We'll continue to work with images to provide new features and improve our services. If we change how we use or handle your images, we'll be transparent.
Extensions
What happens with my data when I use Bard Extensions?Important: For now, extensions are available in English only.
Bard Extensions are Google services that work with Bard. They can better help you get things done with Bard.
What data is shared
To respond to you, Bard shares the following data with extensions that are on:
- Information from your conversation
- Preferences such as language and device type
- Location information
How shared data is used
Information that’s shared with other Google services is used consistent with the Google Privacy Policy to:
- Fulfill your request
- Maintain Google’s technologies that power Bard’s integrations with extensions, such as APIs
- Improve those services to better respond to you and other Google users
How shared data is deleted
Google services automatically delete this shared information when it’s no longer necessary for the purposes listed above, as explained in How Google retains data it collects. If you delete the relevant Bard conversation from your Bard activity, it doesn’t delete the shared information from the other services.
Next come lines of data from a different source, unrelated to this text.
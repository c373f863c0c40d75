use crate::making::{close, destroy, fetch, open, put, stop};
use crate::stop::Stop;
use crate::walk::Walk;

/// A step at a member of this number, or on a query of the second member's client.
#[derive(Clone, Copy)]
pub enum Step {
    /// Puts a value of this text.
    Put(u8, &'static str),
    Destroy(u8),
    /// The mail at this place comes.
    Mail(u8, usize),
    Report(u8),
    Sweep(u8, u64),
    /// Gives the third member its own changes.
    GiveOwn(u8),
    /// Gives the third member an image.
    GiveImage(u8),
    /// Merges that image.
    Merge(u8),
    Open(&'static str, &'static str),
    Fetch(&'static str),
    Stop(&'static str),
    Close(&'static str),
}

impl Walk {
    /// Does a step, and prints it.
    pub fn step(&mut self, rt: &HostRuntime, name: &str, step: Step) -> Result<(), Stop> {
        let alloc = rt.alloc();
        match step {
            Step::Put(member, text) => self.call(rt, name, member, put(alloc, text)?),
            Step::Destroy(member) => self.call(rt, name, member, destroy(alloc)?),
            Step::Mail(member, place) => self.mail(rt, name, member, place),
            Step::Report(member) => self.report(rt, name, member),
            Step::Sweep(member, moment) => self.sweep(rt, name, member, moment),
            Step::GiveOwn(member) => self.give_own(rt, name, member),
            Step::GiveImage(member) => self.give_image(rt, name, member),
            Step::Merge(member) => self.merge(rt, name, member),
            Step::Open(query, text) => self.query(rt, name, open(alloc, query, text)?),
            Step::Fetch(query) => self.query(rt, name, fetch(alloc, query)?),
            Step::Stop(query) => self.query(rt, name, stop(alloc, query)?),
            Step::Close(query) => self.query(rt, name, close(alloc, query)?),
        }
    }
}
How to control & manage your data
- You can turn off Extensions at any time in your Extensions settings in Bard.
- If you turn off your Bard Activity, Extensions are turned off. If you turn on your Bard Activity, Extensions are turned back on.
Important: For now, extensions are available in English only.
If you choose to connect Bard with Google Workspace, you can find information and get quick answers about your content in apps and services like Gmail, Docs, and Drive directly in Bard.
What data is shared
In addition to the data explained for Bard Extensions in general, Bard tells Google Workspace who you are so it can respond to your Workspace-related requests.
How data is used
Bard processes your personal data that it gets from Google Workspace, such as your name and email address, and your private content, like emails or docs you created or received, and uses it to:
- Provide Bard features to you. For example:
- Summarize your emails when you ask
- Share content at your request
- Maintain Bard services. For example:
- Recover from service crashes
- Measure overall user experience
Your personal content that Bard gets from Google Workspace is:
- Not allowed to be accessed or reviewed by human reviewers
- Not used to improve generative machine learning technologies that power Bard
- Not used to show you ads
- Not stored past the time period needed to provide and maintain Bard services
How shared data is deleted
To learn how shared data is deleted by Google Workspace, review data explained for Bard Extensions in general.
How to control & manage your data
- You can turn off Google Workspace at any time in your Extensions settings in Bard.
- You can change your Bard Activity setting.
- If you turn off your Bard Activity, Extensions are turned off. If you turn on your Bard Activity, Extensions are turned back on.